Monitoring of urban drainage systems plays a key role in operation, compliance assessment, design, modelling, decision-making, and planning activities. Nevertheless, experience indicates that metrology applied to urban drainage systems is frequently of insufficient quality. That is why the Urban Drainage Metrology Toolbox (UDMT) has been developed in the H2020 European Project Co-UDlabs, aiming to facilitate the adoption and application of best practices and advanced methods in metrology. The UDMT is a unique, free, online, and open-source software tool, available in French, English and Spanish, providing a set of coordinated functionalities including various methods for sensor calibration, data correction, uncertainty assessment, data validation, and tracing experiments. Based on comprehensive documentary resources available on internet, the UDMT is also a tool for both i) education of master and doctoral students, and ii) professional training courses dedicated to practitioners.

Urban water systems are transitioning towards circular, sustainable models. This transition requires comprehensive water quality data to identify pollution hotspots, plan mitigation strategies, and evaluate their effectiveness. However, current monitoring methods are costly, generate fragmented data, and are insufficient for city-wide applications. The URBAN M2O project addresses these challenges by developing integrated monitoring and modeling solutions tailored to end-user needs, including water utilities and environmental authorities. This paper presents preliminary results from mapping current and future monitoring requirements across Europe through legislative reviews, stakeholder questionnaires, and co-creation workshops. Findings reveal significant discrepancies between EU and national regulations, gaps in data sharing, and emerging needs for high-resolution indicators covering chemical, microbial, and microplastic contaminants. These insights will guide the design of next-generation tools for cost-effective, system-wide monitoring, enabling robust pollution control strategies.
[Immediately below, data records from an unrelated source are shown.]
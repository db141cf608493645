//! Draws whose look-ups fail.
ghost use Rattle.std.specs.Prelude.{[], refl};

use keycard_rules::{Code, DrawFault, Issued, Kept, ListedWords, LookFault, draw_fresh};
use rand_core::Rng;
use std::test::Fail;

/// Look-ups that say that every code was issued, and fail once some were made.
#[derive(Drop)]
struct FailingCodes {
    left: u32,
    fault: LookFault,
    failures: u64,
}

impl Kept for FailingCodes {
    ghost issued = { λ _. [] };

    ghost is_clean = { λ _. ⊥ };

    ghost is_honest = { λ _. ⊥ };

    ghost leaves_no_more = { λ _ _. Unit {0} };

    ghost look_up_fails = { λ _ _. Unit {0} };

    ghost is_kept = { λ _ _. Unit {0} };

    ghost failures = { λ codes _. codes.failures };

    ghost disk_failures = { λ _. 0 };

    ghost never_fails = { ⊥ };

    ghost never_store = { λ a never. absurd never };

    ghost clean_honest = { λ a clean. clean };

    ghost kept_refl = { λ a. tt };

    ghost kept_trans = { λ a b c first second. tt };

    ghost no_more_refl = { λ a. tt };

    ghost no_more_trans = { λ a b c first second. tt };

    ghost kept_issued = { λ a b kept. refl };
}

impl Issued for FailingCodes {
    fn is_issued(&mut self, _code: Code) -> Result<bool, LookFault> {
        if self.left == 0 {
            self.failures = self.failures.saturating_add(1);
            return Err(self.fault);
        }
        self.left -= 1;
        Ok(true)
    }
}

#[test]
fn failed_look_ups(rt: HostRuntime) -> Result<(), Fail> {
    for (fault, want) in [
        (LookFault::Memory, DrawFault::Memory),
        (LookFault::Store, DrawFault::Store),
    ] {
        let mut words = ListedWords::new([1, 2, 3, 4].to_vec(rt.alloc())?);
        let mut codes = FailingCodes {
            left: 2,
            fault,
            failures: 0,
        };
        assert!(rt; draw_fresh(&mut words, &mut codes) == Err(want));
        assert!(rt; codes.failures == 1);
        assert!(rt; words.next_u64() == 4);
    }
    Ok(())
}
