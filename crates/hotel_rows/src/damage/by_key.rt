//! Rows found by their keys.
ghost use Rattle.std.specs.Prelude.{◌≡◌, Bool, true, IfOk, IfSome, map, option_map};
ghost use Rattle.std.specs.List.{list_all};
ghost use Rattle.std.specs.Option.{option_copied};
ghost use Rattle.hotel_model.specs.Rows.{at_number};
ghost use Rattle.hotel_rows.specs.Stored.{number_of, fits_of, rows_of, joined_row};
ghost use Rattle.hotel_rows.specs.Stored.{stay_row, code_row, card_row, inside_pair};
ghost use Rattle.hotel_rows.specs.Keys.{IndexesFirst, room_key, stay_key, code_key, card_key, note_key, fit_key};
ghost use Rattle.hotel_rows.specs.Places.{AreOf, Indexes, counted_place, place_at};
ghost use Rattle.hotel_rows.specs.declared.stored.PlainRoom.{PlainRoom};

use crate::damage::numbers;
use crate::stored::{
    PlainCard, PlainCode, PlainFit, PlainInside, PlainNote, PlainRoom, PlainStay, Stored,
};
use keycard_rules::Memory;
use std::alloc::Global;
use std::collections::BTreeMap;

/// The room and the number of a card that is inside.
pub(crate) type InsideKey = (u64, u64);

/// The room of a note, and its number among all notes of the room.
pub(crate) type NoteKey = (u64, u64);

/// The room and the number of a fit.
pub(crate) type FitKey = (u64, u64);

/// Where each key stands first.
pub(crate) fn index_of(alloc: Global, keys: &[u64]) -> Result<BTreeMap<u64, usize>, Memory>
    ensures { IfOk result (λ places. IndexesFirst places.entries keys.now) }
{
    let mut places = BTreeMap::new(alloc);
    for i in 0..keys.len() {
        if places.contains_key(&keys[i]) {
            continue;
        }
        let Ok(_) = places.insert(keys[i], i) else {
            return Err(Memory);
        };
    }
    Ok(places)
}

/// The numbers of the rooms.
pub(crate) fn room_keys(alloc: Global, rooms: &[PlainRoom]) -> Result<Vec<u64>, Memory>
    ensures { IfOk result (λ keys. keys.items ≡ map room_key rooms.now) }
{
    match rooms
        .iter()
        .map(|plain| numbers::number(plain.room))
        .collect(alloc)
    {
        Ok(keys) => Ok(keys),
        Err(_) => Err(Memory),
    }
}

/// The parties of the stays.
pub(crate) fn stay_keys(alloc: Global, stays: &[PlainStay]) -> Result<Vec<u64>, Memory>
    ensures { IfOk result (λ keys. keys.items ≡ map stay_key stays.now) }
{
    match stays
        .iter()
        .map(|plain| numbers::number(plain.party))
        .collect(alloc)
    {
        Ok(keys) => Ok(keys),
        Err(_) => Err(Memory),
    }
}

/// The codes.
pub(crate) fn code_keys(alloc: Global, codes: &[PlainCode]) -> Result<Vec<u64>, Memory>
    ensures { IfOk result (λ keys. keys.items ≡ map code_key codes.now) }
{
    match codes
        .iter()
        .map(|plain| numbers::number(plain.code))
        .collect(alloc)
    {
        Ok(keys) => Ok(keys),
        Err(_) => Err(Memory),
    }
}

/// The numbers of the cards.
pub(crate) fn card_keys(alloc: Global, cards: &[PlainCard]) -> Result<Vec<u64>, Memory>
    ensures { IfOk result (λ keys. keys.items ≡ map card_key cards.now) }
{
    match cards
        .iter()
        .map(|plain| numbers::number(plain.number))
        .collect(alloc)
    {
        Ok(keys) => Ok(keys),
        Err(_) => Err(Memory),
    }
}

/// The rooms and cards of what is inside.
pub(crate) fn inside_keys(alloc: Global, inside: &[PlainInside]) -> Result<Vec<InsideKey>, Memory>
    ensures { IfOk result (λ keys. keys.items ≡ map inside_pair inside.now) }
{
    match inside
        .iter()
        .map(|plain| (numbers::number(plain.room), numbers::number(plain.card)))
        .collect(alloc)
    {
        Ok(keys) => Ok(keys),
        Err(_) => Err(Memory),
    }
}

/// The rooms and numbers of the notes.
pub(crate) fn note_keys(alloc: Global, notes: &[PlainNote]) -> Result<Vec<NoteKey>, Memory>
    ensures { IfOk result (λ keys. keys.items ≡ map note_key notes.now) }
{
    match notes
        .iter()
        .map(|plain| (numbers::number(plain.room), numbers::number(plain.n)))
        .collect(alloc)
    {
        Ok(keys) => Ok(keys),
        Err(_) => Err(Memory),
    }
}

/// The rooms and numbers of the fits.
pub(crate) fn fit_keys(alloc: Global, fits: &[PlainFit]) -> Result<Vec<FitKey>, Memory>
    ensures { IfOk result (λ keys. keys.items ≡ map fit_key fits.now) }
{
    match fits
        .iter()
        .map(|plain| (numbers::number(plain.room), numbers::number(plain.fit)))
        .collect(alloc)
    {
        Ok(keys) => Ok(keys),
        Err(_) => Err(Memory),
    }
}

/// Where each key of a table stands first.
#[derive(Drop)]
pub(crate) enum Index {
    /// The keys are 1 and on, so many, in order.
    Counted(usize),
    Listed(BTreeMap<u64, usize>),
}

/// Where each key of a table stands first. Keys that count up from 1 need no map.
fn table_index(alloc: Global, keys: &[u64]) -> Result<Index, Memory>
    ensures { IfOk result (λ index. Indexes index keys.now) }
{
    if numbers::count_from_one(keys) {
        return Ok(Index::Counted(keys.len()));
    }
    let places = index_of(alloc, keys)?;
    Ok(Index::Listed(places))
}

/// Where the rows with a number for a key stand.
#[derive(Drop)]
pub(crate) struct Places {
    rooms: Index,
    stays: Index,
    codes: Index,
    cards: Index,
}

/// Where the stored rows stand.
pub(crate) fn places_of(alloc: Global, stored: &Stored) -> Result<Places, Memory>
    ensures { IfOk result (λ places. AreOf places stored.now) }
{
    let room_keys = room_keys(alloc, &stored.room)?;
    let rooms = table_index(alloc, &room_keys)?;
    let stay_keys = stay_keys(alloc, &stored.stay)?;
    let stays = table_index(alloc, &stay_keys)?;
    let code_keys = code_keys(alloc, &stored.code)?;
    let codes = table_index(alloc, &code_keys)?;
    let card_keys = card_keys(alloc, &stored.card)?;
    let cards = table_index(alloc, &card_keys)?;
    Ok(Places {
        rooms,
        stays,
        codes,
        cards,
    })
}

/// Where a key stands among 1 and on, so many.
fn counted_place(len: usize, key: u64) -> Option<usize>
    ensures { result ≡ counted_place len key }
{
    if key < 1 || key > len as u64 {
        return None;
    }
    Some((key - 1) as usize)
}

fn place_at(index: &Index, key: u64) -> Option<usize>
    ensures { result ≡ place_at index.now key }
{
    match index {
        Index::Counted(len) => counted_place(*len, key),
        Index::Listed(places) => places.get(&key).copied(),
    }
}

/// The room of a number.
pub(crate) fn room_at<'a>(places: &Places, stored: &'a Stored, room: u64) -> Option<&'a PlainRoom>
    requires { AreOf places.now stored.now }
    ensures row { option_map (joined_row (fits_of stored.now)) (option_copied result)
        ≡ at_number (rows_of stored.now).rooms room }
    ensures key { IfSome result (λ plain. number_of plain.now.room ≡ room) }
    ensures rules { IfSome result (λ plain. (t : PlainRoom → Bool) → list_all t stored.now.room.items ≡ true
        → t plain.now ≡ true) }
{
    let Some(place) = place_at(&places.rooms, room) else {
        return None;
    };
    if place >= stored.room.len() {
        return None;
    }
    Some(&stored.room[place])
}

/// The stay of a party.
pub(crate) fn stay_at<'a>(places: &Places, stored: &'a Stored, party: u64) -> Option<&'a PlainStay>
    requires { AreOf places.now stored.now }
    ensures { option_map stay_row (option_copied result) ≡ at_number (rows_of stored.now).stays party }
{
    let Some(place) = place_at(&places.stays, party) else {
        return None;
    };
    if place >= stored.stay.len() {
        return None;
    }
    Some(&stored.stay[place])
}

/// The row of a code.
pub(crate) fn code_at(places: &Places, stored: &Stored, code: u64) -> Option<PlainCode>
    requires { AreOf places.now stored.now }
    ensures { option_map code_row result ≡ at_number (rows_of stored.now).codes code }
{
    let Some(place) = place_at(&places.codes, code) else {
        return None;
    };
    if place >= stored.code.len() {
        return None;
    }
    Some(stored.code[place])
}

/// The card of a number.
pub(crate) fn card_at(places: &Places, stored: &Stored, number: u64) -> Option<PlainCard>
    requires { AreOf places.now stored.now }
    ensures { option_map card_row result ≡ at_number (rows_of stored.now).cards number }
{
    let Some(place) = place_at(&places.cards, number) else {
        return None;
    };
    if place >= stored.card.len() {
        return None;
    }
    Some(stored.card[place])
}
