//! Lists by their own calls, over books in memory.
use hotel_asks::{Ask, ListAsk};
use hotel_core::Walks;
use hotel_core::lists::CardsGiven;
use hotel_lists::{
    ListFault, arrivals, audit_of, availability, bookings, business_day, card_of, chain_of,
    in_house, inside, left_behind, locks, room_status, write_rows,
};
use hotel_scenarios::chains::walks_end;
use hotel_scenarios::desks::Desk;
use hotel_scenarios::line_asks::ask_of;
use hotel_scenarios::scenarios::{CHECKED_IN, LEFT_BEHIND_RECODED, NEXT_CHECKED_IN, OPENED};
use hotel_streams::IoCalls;
use std::alloc::Global;
use std::io::Write;
use std::test::Fail;

/// The list that a line asks for.
pub(crate) fn list_of(alloc: Global, line: &[u8]) -> Result<ListAsk, Fail> {
    match &ask_of(alloc, line)? {
        Ask::List(list) => Ok(*list),
        Ask::Command(_) => Err(Fail::from("no list")),
    }
}

/// Writes a list by its own call.
pub(crate) fn write_alone<B: Walks, W: Write>(
    alloc: Global,
    list: &ListAsk,
    books: &mut B,
    writer: &mut W,
) -> Result<(), ListFault> {
    match list {
        ListAsk::Arrivals(day) => arrivals(alloc, books, *day, writer),
        ListAsk::InHouse => in_house(alloc, books, writer),
        ListAsk::ChainOf(room) => chain_of(alloc, books, *room, writer),
        ListAsk::LeftBehind => left_behind(alloc, books, writer),
        ListAsk::AuditOf(room) => audit_of(alloc, books, *room, writer),
        ListAsk::BusinessDay => business_day(alloc, books, writer),
        ListAsk::RoomStatus => room_status(alloc, books, writer),
        ListAsk::Inside => inside(alloc, books, writer),
        ListAsk::Bookings => bookings(alloc, books, writer),
        ListAsk::Availability(day, nights) => availability(alloc, books, *day, *nights, writer),
        ListAsk::CardsGiven(party) => {
            let mut calls = IoCalls::none();
            write_rows(alloc, books, &CardsGiven(*party), writer, &mut calls)
        }
        ListAsk::CardOf(number) => card_of(alloc, books, *number, writer),
        ListAsk::Locks => locks(alloc, books, writer),
    }
}

/// A desk of one room, of three codes, of which staff recoded the lock that was left behind.
fn recoded(alloc: Global) -> Result<Desk, Fail> {
    Desk::behind(
        alloc,
        &[0xa0, 0xa1, 0xa2],
        &[OPENED, CHECKED_IN, NEXT_CHECKED_IN, LEFT_BEHIND_RECODED],
    )
}

#[test]
fn a_walk_ends_where_its_sink_stops(rt: HostRuntime) -> Result<(), Fail> {
    let mut desk = recoded(rt.alloc())?;
    assert!(rt; walks_end(rt.alloc(), &mut desk.books)?);
    Ok(())
}
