//! A reader and a writer over memory that go on by one byte a call: so each byte has a call of its own.
use std::alloc::Global;
use std::io::{Read, Result, Write};

/// The most bytes of one call.
const PIECE: usize = 1;

/// A reader of these bytes.
#[derive(Drop)]
pub(crate) struct OneByteReader<'a> {
    left: &'a [u8],
}

impl<'a> OneByteReader<'a> {
    pub(crate) fn new(bytes: &'a [u8]) -> OneByteReader<'a> {
        OneByteReader { left: bytes }
    }
}

impl<'a> Read for OneByteReader<'a> {
    fn read(&mut self, buf: &mut [u8]) -> Result<usize> {
        let most = PIECE.min(buf.len());
        self.left.read(&mut buf[..most])
    }
}

/// A writer that keeps what it took.
#[derive(Drop)]
pub(crate) struct OneByteWriter {
    written: Vec<u8>,
}

impl OneByteWriter {
    pub(crate) fn new(alloc: Global) -> OneByteWriter {
        OneByteWriter {
            written: Vec::new(alloc),
        }
    }

    /// What it took.
    pub(crate) fn written(&self) -> &[u8] {
        self.written.as_slice()
    }
}

impl Write for OneByteWriter {
    fn write(&mut self, buf: &[u8]) -> Result<usize> {
        let most = PIECE.min(buf.len());
        self.written.extend_from_slice(&buf[..most])?;
        Ok(most)
    }

    fn flush(&mut self) -> Result<()> {
        Ok(())
    }
}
Human-made small urban waterbodies (SUWs), such as stormwater management ponds, wastewater lagoons, and reclaimed quarries, are common infrastructure assets throughout many communities. As global efforts to quantify greenhouse gas (GHG) emissions intensify, SUWs have been identified as potential sources of carbon dioxide (CO2) and methane (CH4), although there is large variation in the way emissions are measured. A low-cost floating flux chamber with real-time CO2 and CH4 sensors was designed and constructed with 3D-printed parts and hardware store materials for $1,150 CAD to address problems associated with typical monitoring methods, such as sample contamination during syringe sampling, failing to capture the true flux due to low sampling frequency, and neglecting spatial variability due to the high cost of GHG analyzers. The sensors were calibrated and validated in the laboratory by injecting known volumes of gas and comparing with syringe samples analyzed using gas chromatography (GC). Validation experiments showed that the real-time sensors reported 99.62% (R^2 = 0.9950) and 99.22% (R^2 = 0.9987) of the values the GC measured for CO2 and CH4, respectively. The chamber was deployed in an attenuation pond in Almonte, Ontario, on August 20th, 2025, to provide proof of concept and calculate CO2 flux in a real SUW. Exponential and linear fits were applied to the recorded concentrations, giving fluxes of 28.12 mg m^2 min^-1 and 22.19 mg m^2 min^-1, respectively. Additional field tests will be performed with the flux chamber in Spring 2026 to determine how emissions vary spatially across SUWs.